Northwest Arkansas Democrat-Gazette

Optimism in difficult times

Enlightenm­ent portends hope for humankind

- Art Hobson Art Hobson is a professor emeritus of physics at the University of Arkansas. Email him at ahobson@uark.edu.

Steven Pinker’s new book Enlightenm­ent Now: The case for reason, science, humanism, and progress paints an optimistic picture of global improvemen­t since the 18th century Age of Enlightenm­ent that rejected medieval superstiti­on and authority, and instead valued reason, evidence, and individual­s. The book offers hope to those who feel oppressed by current events and by doomsayers like me.

The book’s theme is the basic Enlightenm­ent value: Knowledge based on evidence and reason should be used to enhance human welfare. The Enlightenm­ent transforme­d the ultimate question “How can I be saved” into the pragmatic “How can I be happy?”

The book’s defining section comprises 15 ways humankind has benefited from Enlightenm­ent values, summarized by Barack Obama’s observatio­n: “If you had to choose blindly what moment you’d want to be born, you’d choose now.” Here are summaries of those 15 chapters.

Life expectancy has surged, from 30 years during 1760-1900, to 75 years today.

Health has sky-rocketed: Epidemics that killed millions have vanished, scientific medicine has saved billions.

Hunger has plummeted on every continent. Famine, common even in Europe until 1800, has nearly vanished. World sustenance has risen rapidly since 1960, led by China.

The annual Gross World Product, essentiall­y zero for thousands of years, zoomed to 5 trillion (current dollars) in 1900 and 110 trillion in 2000, a boom that extends to most people within most nations. Extreme poverty is vanishing, and the world is becoming middle class.

Despite concerns about the richest 1 percent, income inequality has plunged since 1960, and all income groups have gained. Poverty has declined enormously.

Environmen­tal progress is spottier. America slashed five major air pollutants by two-thirds despite a 40 percent population increase and a doubled economy. Deforestat­ion is a problem, but it’s near zero in temperate forests and declining in tropical forests. Oil spills have plummeted. Protected zones are spreading. However, “the effect of greenhouse gases is unquestion­ably alarming. … Humanity has never faced a problem like it.” Pinker recommends taxing carbon while expanding renewables and nuclear power.

Destructiv­e wars between “great powers” were constant during 15001800, but occurred during only 20 percent of the years 1800-1953, and not at all since then. Conflict between uniformed armies has declined since 1945 and been non-existent since 2003 (Iraq). Today’s wars are national, with outside involvemen­t, and essentiall­y confined to the Mideast and its neighbors.

The industrial­ized world, at least, is safer. Homicide has dropped from rates of 20 to 200 per 100,000 people per year to nearly zero with only Mexico and America remaining around 20. Motor vehicle deaths are down by a factor of ten, with pedestrian, airplane, falling, fire, drowning, and occupation­al deaths following similar trends.

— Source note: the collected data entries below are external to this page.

// Console lines as they are printed.
use crate::words::shown;
use console_host::Line;
use js_heap::Heap;
use js_value::Value;
use mug_text::{Listed, NoMemory};
use std::alloc::Global;

/// A value as js_host shows it, where it is there.
pub fn value_shown(alloc: Global, heap: &Heap, value: &Value) -> Result<String, NoMemory> {
    if heap.is_there(value) {
        shown(alloc, &js_host::shown(alloc, heap, value)?)
    } else {
        Ok(String::from_str(alloc, "not there")?)
    }
}

/// The line of a throw that nothing caught.
pub fn uncaught(alloc: Global, heap: &Heap, value: &Value) -> Result<String, NoMemory> {
    if heap.is_there(value) {
        shown(alloc, &js_host::uncaught_shown(alloc, heap, value)?)
    } else {
        Ok(String::from_str(alloc, "not there")?)
    }
}

// The values of a line, each behind a space.
fn log(alloc: Global, heap: &Heap, values: &[Value], printed: &mut String) -> Result<(), NoMemory> {
    for value in values {
        printed.push(' ')?;
        printed.push_str(value_shown(alloc, heap, value)?.as_str())?;
    }
    Ok(())
}

fn line(alloc: Global, heap: &Heap, line: &Line, printed: &mut String) -> Result<(), NoMemory> {
    match line {
        Line::Log(values) => log(alloc, heap, values.as_slice(), printed),
        Line::Uncaught(value) => {
            printed.push(' ')?;
            printed.push_str(uncaught(alloc, heap, value)?.as_str())?;
            Ok(())
        }
    }
}

/// The lines that a host has kept, each behind a bar.
pub fn print_lines(
    alloc: Global,
    heap: &Heap,
    lines: &Listed<Line>,
    printed: &mut String,
) -> Result<(), NoMemory> {
    for kept in lines.as_slice() {
        printed.push_str(" |")?;
        line(alloc, heap, kept, printed)?;
    }
    Ok(())
}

Terrorism grabs headlines, but is near zero statistica­lly in America (40 deaths in a typical year) and Western Europe (175) in comparison with homicide (16,000 USA, 4,000 Europe) and motor vehicle death (35,000 USA, 19,000 Europe). It’s a problem in war-torn nations (38,000 in a typical year).

Democracy is spreading. This Enlightenm­ent experiment began in America, expanded to 29 nations by 1922, to 36 by 1962, then skyrockete­d. The number of “reasonably democratic” nations has risen from 31 in 1971, to 52 in 1989, to 87 in 2009, to 103 in 2015.

Civil rights have improved. In America, questionna­ires show that racist, sexist, and homophobic opinions have declined from 40 percent of the population in 1985 to 20 percent in 2013. On-line racist, sexist, or homophobic jokes, racial hate crimes, rape, and violence against spouses have all plummeted since 1995, and 100 nations have decriminal­ized homosexual­ity.

Knowledge is increasing. Literacy has risen in western nations from 10 percent in 1500 to 90 percent today, and worldwide from 10 percent in 1800 to 80 percent today.

Life quality has improved. Weekly work hours in western nations declined from 65 in 1870 to 40 in 2000, people are retiring earlier, US housework has plummeted, leisure hours have increased.

Are we happier? Historical evidence is lacking, but recent happiness surveys show richer people within a given nation are happier, and richer nations have more happy people. So rising national GDPs probably imply rising global happiness. In confirmati­on, happiness increased in nearly all European nations in tandem with each nation’s rise in GDP. But America is exceptiona­l, ranking surprising­ly low despite a high per-capita GDP.

But might it all crash? Pinker sees two global existentia­l threats to civilizati­on: climate change and nuclear war. Humanistic evidence-based action can resolve both, but such action hasn’t happened yet.

The lesson is that enlightenm­ent values work.